[Assignment] How many lines in the data below contain the string "InRange"? State that number only.

[Supplied records]
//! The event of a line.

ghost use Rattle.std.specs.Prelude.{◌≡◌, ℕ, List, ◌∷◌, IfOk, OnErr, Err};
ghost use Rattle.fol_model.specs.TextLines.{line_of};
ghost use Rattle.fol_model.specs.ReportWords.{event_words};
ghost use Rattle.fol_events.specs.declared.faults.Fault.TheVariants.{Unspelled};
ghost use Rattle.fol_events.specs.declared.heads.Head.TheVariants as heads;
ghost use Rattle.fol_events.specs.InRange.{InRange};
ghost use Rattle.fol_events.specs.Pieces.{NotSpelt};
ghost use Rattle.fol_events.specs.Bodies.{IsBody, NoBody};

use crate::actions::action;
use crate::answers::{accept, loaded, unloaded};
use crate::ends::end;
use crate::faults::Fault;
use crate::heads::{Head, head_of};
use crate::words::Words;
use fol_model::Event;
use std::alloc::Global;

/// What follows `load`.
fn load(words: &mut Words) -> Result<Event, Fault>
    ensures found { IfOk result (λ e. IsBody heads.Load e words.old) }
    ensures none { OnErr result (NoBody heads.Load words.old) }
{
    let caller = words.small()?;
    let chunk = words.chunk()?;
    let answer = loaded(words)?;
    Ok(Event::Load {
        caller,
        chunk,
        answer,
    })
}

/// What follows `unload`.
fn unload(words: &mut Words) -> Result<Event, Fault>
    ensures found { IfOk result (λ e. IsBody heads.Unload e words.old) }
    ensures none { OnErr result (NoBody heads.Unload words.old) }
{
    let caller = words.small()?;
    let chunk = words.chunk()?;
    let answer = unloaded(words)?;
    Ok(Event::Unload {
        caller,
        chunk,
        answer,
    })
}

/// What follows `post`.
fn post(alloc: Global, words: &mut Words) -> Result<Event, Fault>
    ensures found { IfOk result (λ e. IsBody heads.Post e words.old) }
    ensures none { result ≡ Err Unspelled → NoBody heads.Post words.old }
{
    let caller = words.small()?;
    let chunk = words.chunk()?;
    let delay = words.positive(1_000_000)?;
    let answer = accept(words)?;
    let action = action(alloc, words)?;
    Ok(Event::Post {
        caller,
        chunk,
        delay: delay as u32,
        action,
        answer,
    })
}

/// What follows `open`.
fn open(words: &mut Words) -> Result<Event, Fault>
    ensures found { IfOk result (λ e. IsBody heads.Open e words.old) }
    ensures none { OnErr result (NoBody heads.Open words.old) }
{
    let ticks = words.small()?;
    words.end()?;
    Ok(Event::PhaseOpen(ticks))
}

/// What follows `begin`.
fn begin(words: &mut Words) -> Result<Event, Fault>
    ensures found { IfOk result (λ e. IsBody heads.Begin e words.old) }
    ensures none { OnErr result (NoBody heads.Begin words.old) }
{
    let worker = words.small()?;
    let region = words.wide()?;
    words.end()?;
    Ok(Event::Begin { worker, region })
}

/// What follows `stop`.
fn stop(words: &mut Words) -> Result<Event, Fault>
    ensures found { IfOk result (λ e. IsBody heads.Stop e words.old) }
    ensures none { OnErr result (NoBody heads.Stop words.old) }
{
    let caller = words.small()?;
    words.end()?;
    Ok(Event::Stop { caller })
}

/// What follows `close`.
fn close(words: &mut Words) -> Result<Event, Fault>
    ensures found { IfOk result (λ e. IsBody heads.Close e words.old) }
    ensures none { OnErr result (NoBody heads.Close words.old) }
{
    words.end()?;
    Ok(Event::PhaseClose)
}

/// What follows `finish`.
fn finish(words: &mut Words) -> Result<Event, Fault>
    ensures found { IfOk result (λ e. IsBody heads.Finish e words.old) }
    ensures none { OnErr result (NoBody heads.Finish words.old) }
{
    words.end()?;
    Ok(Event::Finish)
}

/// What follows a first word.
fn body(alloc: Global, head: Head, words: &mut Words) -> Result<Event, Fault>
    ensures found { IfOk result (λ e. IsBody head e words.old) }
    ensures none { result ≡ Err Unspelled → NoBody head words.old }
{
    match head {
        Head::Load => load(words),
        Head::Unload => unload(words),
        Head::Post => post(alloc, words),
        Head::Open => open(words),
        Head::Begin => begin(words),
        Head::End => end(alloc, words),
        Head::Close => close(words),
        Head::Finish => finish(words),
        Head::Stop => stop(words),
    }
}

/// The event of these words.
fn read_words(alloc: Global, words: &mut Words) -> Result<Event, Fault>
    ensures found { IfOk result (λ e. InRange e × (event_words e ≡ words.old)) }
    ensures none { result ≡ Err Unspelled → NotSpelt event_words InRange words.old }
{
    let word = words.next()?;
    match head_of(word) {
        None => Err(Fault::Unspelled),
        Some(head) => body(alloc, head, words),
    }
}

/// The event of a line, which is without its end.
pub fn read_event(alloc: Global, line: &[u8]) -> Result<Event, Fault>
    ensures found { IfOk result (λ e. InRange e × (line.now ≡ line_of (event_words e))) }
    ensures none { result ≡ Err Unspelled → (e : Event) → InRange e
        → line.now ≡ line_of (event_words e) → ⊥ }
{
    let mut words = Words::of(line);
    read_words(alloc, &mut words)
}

[Output of the task] 5